The Highest Treason
 The staff men, including Tallis, were already on their feet, congratulating MacMaine and shaking his hands. Even General Hokotan, the Headquarters Staff man, who had been transferred temporarily to the Fleet Force to keep an eye on both MacMaine and Tallis, was enthusiastically pounding MacMaine's shoulder. 

 No one aboard was supposed to know that Hokotan was a Headquarters officer, but MacMaine had spotted the spy rather easily. There was a difference between the fighters of the Fleet and the politicoes of Headquarters. The politicoes were no harder, perhaps, nor more ruthless, than the fighters, but they were of a different breed. Theirs was the ruthlessness of the bully who steps on those who are weaker rather than the ruthlessness of the man who kills only to win a battle. MacMaine had the feeling that the Headquarters Staff preferred to spend their time browbeating their underlings rather than risk their necks with someone who could fight back, however weakly. 

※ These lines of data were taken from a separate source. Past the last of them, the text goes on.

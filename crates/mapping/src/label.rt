// The label with which a part of the mapping begins.
ghost use Rattle.std.specs.Prelude.{◌≡◌, ◌≤◌, length};
ghost use Rattle.mapping.specs.Work.{LabelRead, refusal_of};

use faults::{Fault, Refusal};
use labels::{Scanned, next_label, scan};

// The fault of the mapping that the own fault of a label at `at` is. One of over fifteen bytes is at fault at its first.
fn at_fault(refusal: Refusal, at: usize) -> Refusal
    ensures { result ≡ refusal_of at refusal }
{
    match refusal.fault {
        Fault::LongWord => Fault::FaultyMapping.at(at),
        _ => Fault::FaultyMapping.at(refusal.place),
    }
}

// The label that has to begin at `at`; `lines` calls it.
pub(crate) fn label_at(text: &[u8], at: usize) -> Result<Scanned, Refusal>
    requires { at ≤ length text.now }
    ensures { LabelRead text.now at result }
{
    if !next_label(text, at) {
        return Err(Fault::FaultyMapping.at(at));
    }
    scan(text, at).map_err(|refusal| at_fault(refusal, at))
}
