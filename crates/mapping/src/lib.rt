// The mapping of a stand: which individuals of the second roster each species of the first has (#110).
#![tactic(auto)]

mod label;
mod lines;

ghost use Rattle.mapping.specs.Promise.{StandParsed};

use faults::Refusal;
use lines::read_groups;
use roster::parse;

// A good stand: how many species and individuals it has, and for each species the set of its individuals.
#[derive(Clone, Copy, Debug, PartialEq, Eq)]
pub struct Stand {
    pub species: usize,
    pub individuals: usize,
    pub groups: [u32; 16],
}

// The rosters judged, then the mapping.
pub fn judge(line: &[u8], individuals: &[u8], mapping: &[u8]) -> Result<Stand, Refusal>
    ensures { StandParsed line.now individuals.now mapping.now result }
{
    let first = parse(line, 16)?;
    let second = parse(individuals, 32)?;
    let groups = read_groups(&first, &second, mapping)?;
    Ok(Stand {
        species: first.count,
        individuals: second.count,
        groups,
    })
}
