// The lines of the mapping, one for each species: its label, a colon, the labels of its individuals, and a line feed.
ghost use Rattle.std.specs.Prelude.{◌≤◌, length};
ghost use Rattle.mapping.specs.Work.{HeadRead, MemberRead, GroupRead, GroupsRead};

use crate::label::label_at;
use clusters::{apart, single, union, whole};
use faults::{Fault, Refusal};
use labels::next_is;
use roster::{Roster, species};

// Individuals that were read, as a set, and the byte behind them.
#[derive(Clone, Copy, Debug, PartialEq, Eq)]
pub struct Individuals {
    pub set: u32,
    pub next: usize,
}

// The label of the i-th species at `at`, and the colon behind it: where the individuals begin.
fn head_at(species_line: &Roster, i: usize, text: &[u8], at: usize) -> Result<usize, Refusal>
    requires { (species_line.now.count ≤ 16) × (at ≤ length text.now) }
    ensures { HeadRead species_line.now.table species_line.now.count i text.now at result }
{
    let label = label_at(text, at)?;
    let found = species(&species_line.table, species_line.count, label.name);
    let due = found.is_some_and(|j| j == i);
    if !due {
        return Err(Fault::FaultyMapping.at(at));
    }
    if !next_is(text, label.next, b':') {
        return Err(Fault::FaultyMapping.at(label.next));
    }
    Ok(label.next + 1)
}

// The label of one of the individuals at `at`, of none that is taken. A byte stands behind it.
fn member_at(
    individuals: &Roster,
    text: &[u8],
    at: usize,
    taken: u32,
) -> Result<Individuals, Refusal>
    requires { (individuals.now.count ≤ 32) × (at ≤ length text.now) }
    ensures { MemberRead individuals.now.table individuals.now.count text.now at taken result }
{
    let label = label_at(text, at)?;
    let Some(who) = species(&individuals.table, individuals.count, label.name) else {
        return Err(Fault::FaultyMapping.at(at));
    };
    let one = single(who);
    if !apart(one, taken) {
        return Err(Fault::FaultyMapping.at(at));
    }
    if label.next == text.len() {
        return Err(Fault::FaultyMapping.at(label.next));
    }
    Ok(Individuals {
        set: one,
        next: label.next,
    })
}

// The individuals of a line from `start` on, none of those that are taken, up to behind its line feed.
fn group_at(
    individuals: &Roster,
    text: &[u8],
    start: usize,
    taken: u32,
) -> Result<Individuals, Refusal>
    requires { (individuals.now.count ≤ 32) × (start ≤ length text.now) }
    ensures { GroupRead individuals.now.table individuals.now.count text.now start taken result }
{
    let mut set = 0u32;
    let mut at = start;
    // No `for`: a label says itself where the next one begins.
    loop {
        let member = member_at(individuals, text, at, union(taken, set))?;
        set = union(set, member.set);
        at = member.next + 1;
        match text[member.next] {
            b'\n' => return Ok(Individuals { set, next: at }),
            b',' => {}
            _ => return Err(Fault::FaultyMapping.at(member.next)),
        }
    }
}

// The lines of all species, each individual in one of them: for each species the set of its individuals. `judge` calls it with two good rosters.
pub(crate) fn read_groups(
    species_line: &Roster,
    individuals: &Roster,
    text: &[u8],
) -> Result<[u32; 16], Refusal>
    requires { (species_line.now.count ≤ 16) × (individuals.now.count ≤ 32) }
    ensures { GroupsRead species_line.now.table species_line.now.count individuals.now.table individuals.now.count text.now result }
{
    let mut groups = [0u32; 16];
    let mut taken = 0u32;
    let mut at = 0;
    for i in 0..species_line.count {
        let start = head_at(species_line, i, text, at)?;
        let group = group_at(individuals, text, start, taken)?;
        groups[i] = group.set;
        taken = union(taken, group.set);
        at = group.next;
    }
    if at < text.len() || taken != whole(individuals.count) {
        return Err(Fault::FaultyMapping.at(at));
    }
    Ok(groups)
}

 General Hokotan seemed to have more of the fighting quality than most HQ men, but he wasn't a Fleet Officer at heart. He couldn't be compared to Tallis without looking small and mean. 

 As a matter of cold fact, very few of the officers were in anyway comparable to Tallis—not even the Fleet men. The more MacMaine learned of the Kerothi, the more he realized just how lucky he had been that it had been Tallis, and not some other Kerothi general, who had been captured by the Earth forces. He was not at all sure that his plan would have worked at all with any of the other officers he had met. 

 Tallis, like MacMaine, was an unusual specimen of his race. 

 MacMaine took the congratulations of the Kerothi officers with a look of pleasure on his face, and when they had subsided somewhat, he grinned and said: 

 "Let's get a little work done around here, shall we? We have a planet to reduce yet." 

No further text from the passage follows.